### What is expected
The lines you return must be all those in the data that hold the string "IfOk".

BEGIN Input for this task

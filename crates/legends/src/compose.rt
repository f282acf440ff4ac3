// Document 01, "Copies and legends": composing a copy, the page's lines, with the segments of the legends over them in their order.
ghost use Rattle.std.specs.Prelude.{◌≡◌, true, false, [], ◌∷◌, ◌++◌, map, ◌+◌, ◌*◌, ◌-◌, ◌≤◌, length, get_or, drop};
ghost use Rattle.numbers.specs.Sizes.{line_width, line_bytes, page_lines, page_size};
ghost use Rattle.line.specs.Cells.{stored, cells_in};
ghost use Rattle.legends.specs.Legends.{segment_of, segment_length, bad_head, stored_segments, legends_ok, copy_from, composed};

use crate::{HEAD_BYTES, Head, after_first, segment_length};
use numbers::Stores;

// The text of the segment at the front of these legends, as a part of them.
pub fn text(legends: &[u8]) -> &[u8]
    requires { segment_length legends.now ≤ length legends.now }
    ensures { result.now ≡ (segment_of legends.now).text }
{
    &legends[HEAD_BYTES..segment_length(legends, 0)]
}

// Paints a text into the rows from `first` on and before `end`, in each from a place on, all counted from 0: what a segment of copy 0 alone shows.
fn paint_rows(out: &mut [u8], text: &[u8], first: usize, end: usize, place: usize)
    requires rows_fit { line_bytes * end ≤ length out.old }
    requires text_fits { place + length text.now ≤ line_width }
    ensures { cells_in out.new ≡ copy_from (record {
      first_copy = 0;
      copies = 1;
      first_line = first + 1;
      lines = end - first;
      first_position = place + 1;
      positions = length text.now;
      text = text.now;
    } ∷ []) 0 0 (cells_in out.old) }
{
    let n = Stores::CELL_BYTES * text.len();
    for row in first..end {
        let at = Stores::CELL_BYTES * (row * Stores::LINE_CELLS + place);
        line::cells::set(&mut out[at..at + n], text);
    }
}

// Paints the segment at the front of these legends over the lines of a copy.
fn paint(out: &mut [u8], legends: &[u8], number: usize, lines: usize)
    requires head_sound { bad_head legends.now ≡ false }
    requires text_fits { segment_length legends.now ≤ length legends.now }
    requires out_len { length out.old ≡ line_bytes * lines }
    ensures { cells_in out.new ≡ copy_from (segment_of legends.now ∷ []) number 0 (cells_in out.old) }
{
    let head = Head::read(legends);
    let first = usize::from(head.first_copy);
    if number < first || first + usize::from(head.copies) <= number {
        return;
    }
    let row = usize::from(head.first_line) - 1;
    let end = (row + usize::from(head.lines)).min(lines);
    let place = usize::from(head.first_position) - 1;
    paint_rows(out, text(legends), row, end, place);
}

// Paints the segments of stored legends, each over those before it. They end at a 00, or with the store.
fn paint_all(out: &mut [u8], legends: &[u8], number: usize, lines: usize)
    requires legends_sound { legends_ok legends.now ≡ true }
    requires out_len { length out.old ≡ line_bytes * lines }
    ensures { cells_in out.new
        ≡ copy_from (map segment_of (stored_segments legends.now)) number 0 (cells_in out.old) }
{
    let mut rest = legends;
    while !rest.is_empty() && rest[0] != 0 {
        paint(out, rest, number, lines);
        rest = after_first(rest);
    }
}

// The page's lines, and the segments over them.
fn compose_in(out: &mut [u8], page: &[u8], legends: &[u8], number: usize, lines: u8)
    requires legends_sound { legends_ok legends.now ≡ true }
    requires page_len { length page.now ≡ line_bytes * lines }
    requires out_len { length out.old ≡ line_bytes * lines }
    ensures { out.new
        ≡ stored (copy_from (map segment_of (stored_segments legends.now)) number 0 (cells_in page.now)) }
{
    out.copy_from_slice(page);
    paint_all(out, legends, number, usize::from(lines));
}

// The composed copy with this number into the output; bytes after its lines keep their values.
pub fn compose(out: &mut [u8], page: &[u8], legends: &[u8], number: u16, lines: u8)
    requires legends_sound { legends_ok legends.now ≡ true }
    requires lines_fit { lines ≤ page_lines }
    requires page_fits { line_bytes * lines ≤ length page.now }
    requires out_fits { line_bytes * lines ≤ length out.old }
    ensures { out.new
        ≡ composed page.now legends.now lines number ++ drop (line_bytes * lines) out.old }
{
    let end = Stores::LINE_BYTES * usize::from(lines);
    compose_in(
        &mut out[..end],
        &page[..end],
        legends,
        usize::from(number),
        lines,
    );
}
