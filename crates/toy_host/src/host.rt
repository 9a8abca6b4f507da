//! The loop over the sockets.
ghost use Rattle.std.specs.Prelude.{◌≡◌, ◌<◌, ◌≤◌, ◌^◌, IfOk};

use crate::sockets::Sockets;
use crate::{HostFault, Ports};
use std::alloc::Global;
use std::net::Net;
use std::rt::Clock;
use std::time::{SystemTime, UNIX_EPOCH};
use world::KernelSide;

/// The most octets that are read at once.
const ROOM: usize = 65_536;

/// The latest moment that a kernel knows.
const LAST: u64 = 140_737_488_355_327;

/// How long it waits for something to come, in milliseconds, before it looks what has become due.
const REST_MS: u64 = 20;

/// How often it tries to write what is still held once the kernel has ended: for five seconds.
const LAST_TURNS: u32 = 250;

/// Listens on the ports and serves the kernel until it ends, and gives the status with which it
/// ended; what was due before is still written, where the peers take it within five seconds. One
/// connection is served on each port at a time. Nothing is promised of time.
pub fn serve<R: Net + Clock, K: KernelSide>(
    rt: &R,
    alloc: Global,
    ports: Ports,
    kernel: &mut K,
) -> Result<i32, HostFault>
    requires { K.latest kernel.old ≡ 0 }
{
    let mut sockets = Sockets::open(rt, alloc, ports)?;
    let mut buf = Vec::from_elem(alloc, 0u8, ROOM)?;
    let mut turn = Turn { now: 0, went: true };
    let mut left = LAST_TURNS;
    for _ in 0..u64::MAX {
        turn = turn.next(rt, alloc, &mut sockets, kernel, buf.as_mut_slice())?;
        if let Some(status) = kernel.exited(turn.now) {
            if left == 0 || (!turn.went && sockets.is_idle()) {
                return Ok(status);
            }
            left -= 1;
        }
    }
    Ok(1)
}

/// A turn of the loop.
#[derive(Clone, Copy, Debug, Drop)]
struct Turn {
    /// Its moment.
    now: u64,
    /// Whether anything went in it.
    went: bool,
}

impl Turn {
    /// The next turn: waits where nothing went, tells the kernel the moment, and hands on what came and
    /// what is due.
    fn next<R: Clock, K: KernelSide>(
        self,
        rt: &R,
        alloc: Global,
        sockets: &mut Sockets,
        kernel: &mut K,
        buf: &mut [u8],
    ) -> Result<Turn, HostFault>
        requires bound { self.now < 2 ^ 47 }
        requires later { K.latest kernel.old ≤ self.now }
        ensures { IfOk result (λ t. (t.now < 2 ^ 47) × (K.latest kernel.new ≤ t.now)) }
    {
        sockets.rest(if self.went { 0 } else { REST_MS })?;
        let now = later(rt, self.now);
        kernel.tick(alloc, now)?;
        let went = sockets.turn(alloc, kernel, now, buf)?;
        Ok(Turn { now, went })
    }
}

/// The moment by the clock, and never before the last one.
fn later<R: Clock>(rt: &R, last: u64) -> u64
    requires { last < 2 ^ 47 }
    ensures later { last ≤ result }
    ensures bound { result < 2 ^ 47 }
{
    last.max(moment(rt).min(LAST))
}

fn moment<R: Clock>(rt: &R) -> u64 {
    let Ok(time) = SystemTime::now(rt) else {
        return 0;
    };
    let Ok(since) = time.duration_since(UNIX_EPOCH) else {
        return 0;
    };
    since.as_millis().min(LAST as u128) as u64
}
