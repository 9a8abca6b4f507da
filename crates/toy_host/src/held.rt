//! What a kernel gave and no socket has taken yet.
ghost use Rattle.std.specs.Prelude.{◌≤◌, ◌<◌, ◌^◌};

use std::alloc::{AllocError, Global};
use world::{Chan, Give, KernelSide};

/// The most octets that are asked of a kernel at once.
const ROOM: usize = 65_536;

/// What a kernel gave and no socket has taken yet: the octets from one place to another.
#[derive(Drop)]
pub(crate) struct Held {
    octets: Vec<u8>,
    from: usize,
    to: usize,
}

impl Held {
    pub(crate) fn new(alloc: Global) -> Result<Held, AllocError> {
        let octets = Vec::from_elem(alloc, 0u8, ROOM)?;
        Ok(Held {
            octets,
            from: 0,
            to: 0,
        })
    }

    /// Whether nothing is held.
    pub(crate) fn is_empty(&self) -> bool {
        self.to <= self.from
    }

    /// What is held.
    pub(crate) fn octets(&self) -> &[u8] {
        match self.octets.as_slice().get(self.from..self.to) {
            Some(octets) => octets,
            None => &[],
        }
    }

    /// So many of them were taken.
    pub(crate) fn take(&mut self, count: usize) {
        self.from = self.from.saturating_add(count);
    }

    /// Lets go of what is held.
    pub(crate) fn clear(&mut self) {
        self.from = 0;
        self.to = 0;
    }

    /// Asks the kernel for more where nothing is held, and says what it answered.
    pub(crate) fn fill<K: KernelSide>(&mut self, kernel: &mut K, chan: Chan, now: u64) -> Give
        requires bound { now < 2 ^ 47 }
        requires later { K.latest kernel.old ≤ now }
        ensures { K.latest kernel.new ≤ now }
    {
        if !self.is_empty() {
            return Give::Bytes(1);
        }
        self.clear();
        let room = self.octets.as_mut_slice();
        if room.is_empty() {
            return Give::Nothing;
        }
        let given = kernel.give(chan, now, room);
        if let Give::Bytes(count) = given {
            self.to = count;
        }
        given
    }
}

END Input for this task

### Final answer
ghost use Rattle.std.specs.Prelude.{◌≡◌, ◌<◌, ◌≤◌, ◌^◌, IfOk};
        ensures { IfOk result (λ t. (t.now < 2 ^ 47) × (K.latest kernel.new ≤ t.now)) }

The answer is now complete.